**WHAT TO DO:**
Your answer should be one number, the count of lines in the records that carry the string "from".

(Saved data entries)
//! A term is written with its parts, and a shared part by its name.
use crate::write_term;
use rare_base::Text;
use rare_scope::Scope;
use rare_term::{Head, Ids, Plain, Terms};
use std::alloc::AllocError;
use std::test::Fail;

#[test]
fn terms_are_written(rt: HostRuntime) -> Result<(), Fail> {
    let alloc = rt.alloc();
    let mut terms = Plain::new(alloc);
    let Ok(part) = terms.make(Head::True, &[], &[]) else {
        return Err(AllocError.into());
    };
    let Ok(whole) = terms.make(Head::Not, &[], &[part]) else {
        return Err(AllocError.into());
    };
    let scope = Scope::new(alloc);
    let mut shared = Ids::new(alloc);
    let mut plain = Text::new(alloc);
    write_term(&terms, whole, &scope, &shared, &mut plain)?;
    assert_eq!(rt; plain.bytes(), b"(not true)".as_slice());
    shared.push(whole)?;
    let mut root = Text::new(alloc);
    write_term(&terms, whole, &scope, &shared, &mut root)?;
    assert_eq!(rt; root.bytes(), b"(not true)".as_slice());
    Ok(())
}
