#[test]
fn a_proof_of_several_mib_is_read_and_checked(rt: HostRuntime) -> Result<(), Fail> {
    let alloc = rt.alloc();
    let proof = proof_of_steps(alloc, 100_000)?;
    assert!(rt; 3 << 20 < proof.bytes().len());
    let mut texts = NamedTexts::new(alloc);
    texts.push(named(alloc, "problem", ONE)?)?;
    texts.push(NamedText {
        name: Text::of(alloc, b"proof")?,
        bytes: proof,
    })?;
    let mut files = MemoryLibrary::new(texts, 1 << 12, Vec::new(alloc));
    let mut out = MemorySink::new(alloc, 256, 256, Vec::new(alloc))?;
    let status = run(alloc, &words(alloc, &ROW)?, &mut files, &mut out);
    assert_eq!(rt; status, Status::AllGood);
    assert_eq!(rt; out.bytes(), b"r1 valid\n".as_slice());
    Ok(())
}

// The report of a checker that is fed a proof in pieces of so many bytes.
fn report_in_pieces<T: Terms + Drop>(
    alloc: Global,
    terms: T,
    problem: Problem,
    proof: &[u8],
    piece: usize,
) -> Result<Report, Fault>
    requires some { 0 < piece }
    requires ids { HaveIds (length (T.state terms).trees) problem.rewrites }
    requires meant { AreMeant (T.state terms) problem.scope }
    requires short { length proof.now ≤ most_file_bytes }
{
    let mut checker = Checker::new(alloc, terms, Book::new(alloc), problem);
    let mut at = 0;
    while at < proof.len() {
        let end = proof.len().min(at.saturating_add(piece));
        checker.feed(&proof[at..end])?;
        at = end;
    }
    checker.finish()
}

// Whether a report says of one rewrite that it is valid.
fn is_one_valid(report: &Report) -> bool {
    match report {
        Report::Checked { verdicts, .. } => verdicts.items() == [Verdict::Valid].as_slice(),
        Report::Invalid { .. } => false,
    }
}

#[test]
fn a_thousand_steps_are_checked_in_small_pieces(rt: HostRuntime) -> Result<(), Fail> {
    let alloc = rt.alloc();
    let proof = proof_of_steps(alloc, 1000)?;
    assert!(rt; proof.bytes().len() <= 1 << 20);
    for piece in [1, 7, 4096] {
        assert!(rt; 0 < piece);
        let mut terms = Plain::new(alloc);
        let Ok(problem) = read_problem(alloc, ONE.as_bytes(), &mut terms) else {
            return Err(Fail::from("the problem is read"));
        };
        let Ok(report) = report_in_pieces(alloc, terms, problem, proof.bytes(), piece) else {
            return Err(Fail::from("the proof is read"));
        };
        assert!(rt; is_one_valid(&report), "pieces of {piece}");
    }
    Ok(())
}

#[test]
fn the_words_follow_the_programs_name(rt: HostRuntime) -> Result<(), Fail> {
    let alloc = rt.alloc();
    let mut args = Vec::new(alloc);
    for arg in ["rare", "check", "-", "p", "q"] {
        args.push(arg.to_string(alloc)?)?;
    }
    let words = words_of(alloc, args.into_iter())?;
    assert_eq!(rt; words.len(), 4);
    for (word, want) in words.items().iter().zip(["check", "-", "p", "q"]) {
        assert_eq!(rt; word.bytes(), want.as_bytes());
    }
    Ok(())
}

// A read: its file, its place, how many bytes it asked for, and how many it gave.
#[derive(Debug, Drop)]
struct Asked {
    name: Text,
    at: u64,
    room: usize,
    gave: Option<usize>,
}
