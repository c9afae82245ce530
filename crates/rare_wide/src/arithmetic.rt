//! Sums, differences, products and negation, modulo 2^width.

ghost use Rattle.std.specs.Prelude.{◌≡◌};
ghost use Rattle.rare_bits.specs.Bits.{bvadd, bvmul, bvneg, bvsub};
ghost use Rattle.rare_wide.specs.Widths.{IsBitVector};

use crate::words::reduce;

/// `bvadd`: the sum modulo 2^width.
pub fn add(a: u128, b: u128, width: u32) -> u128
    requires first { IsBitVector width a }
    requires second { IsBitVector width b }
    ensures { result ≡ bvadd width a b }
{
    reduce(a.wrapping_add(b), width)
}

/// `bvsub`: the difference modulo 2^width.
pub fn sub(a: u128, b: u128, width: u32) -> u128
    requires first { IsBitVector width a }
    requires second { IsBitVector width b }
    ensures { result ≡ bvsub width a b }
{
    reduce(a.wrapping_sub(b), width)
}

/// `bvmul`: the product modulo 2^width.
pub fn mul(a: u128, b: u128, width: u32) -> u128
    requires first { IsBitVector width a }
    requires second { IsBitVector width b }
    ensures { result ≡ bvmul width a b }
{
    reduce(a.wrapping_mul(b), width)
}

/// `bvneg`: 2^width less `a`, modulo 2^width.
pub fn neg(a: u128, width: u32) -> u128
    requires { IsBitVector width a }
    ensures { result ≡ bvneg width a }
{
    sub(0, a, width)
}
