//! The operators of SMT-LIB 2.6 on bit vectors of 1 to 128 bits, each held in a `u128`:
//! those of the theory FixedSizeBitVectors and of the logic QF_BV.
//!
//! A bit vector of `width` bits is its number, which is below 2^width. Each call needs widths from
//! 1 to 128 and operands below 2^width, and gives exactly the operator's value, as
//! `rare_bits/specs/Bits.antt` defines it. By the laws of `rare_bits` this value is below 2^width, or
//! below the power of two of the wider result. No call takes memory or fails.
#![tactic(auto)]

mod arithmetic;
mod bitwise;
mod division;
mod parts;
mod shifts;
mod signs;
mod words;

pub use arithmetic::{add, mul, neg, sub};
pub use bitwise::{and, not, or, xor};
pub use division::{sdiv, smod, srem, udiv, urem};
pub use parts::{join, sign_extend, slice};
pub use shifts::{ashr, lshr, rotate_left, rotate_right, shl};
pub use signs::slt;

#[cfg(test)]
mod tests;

**FINISHED EXERCISE:**
3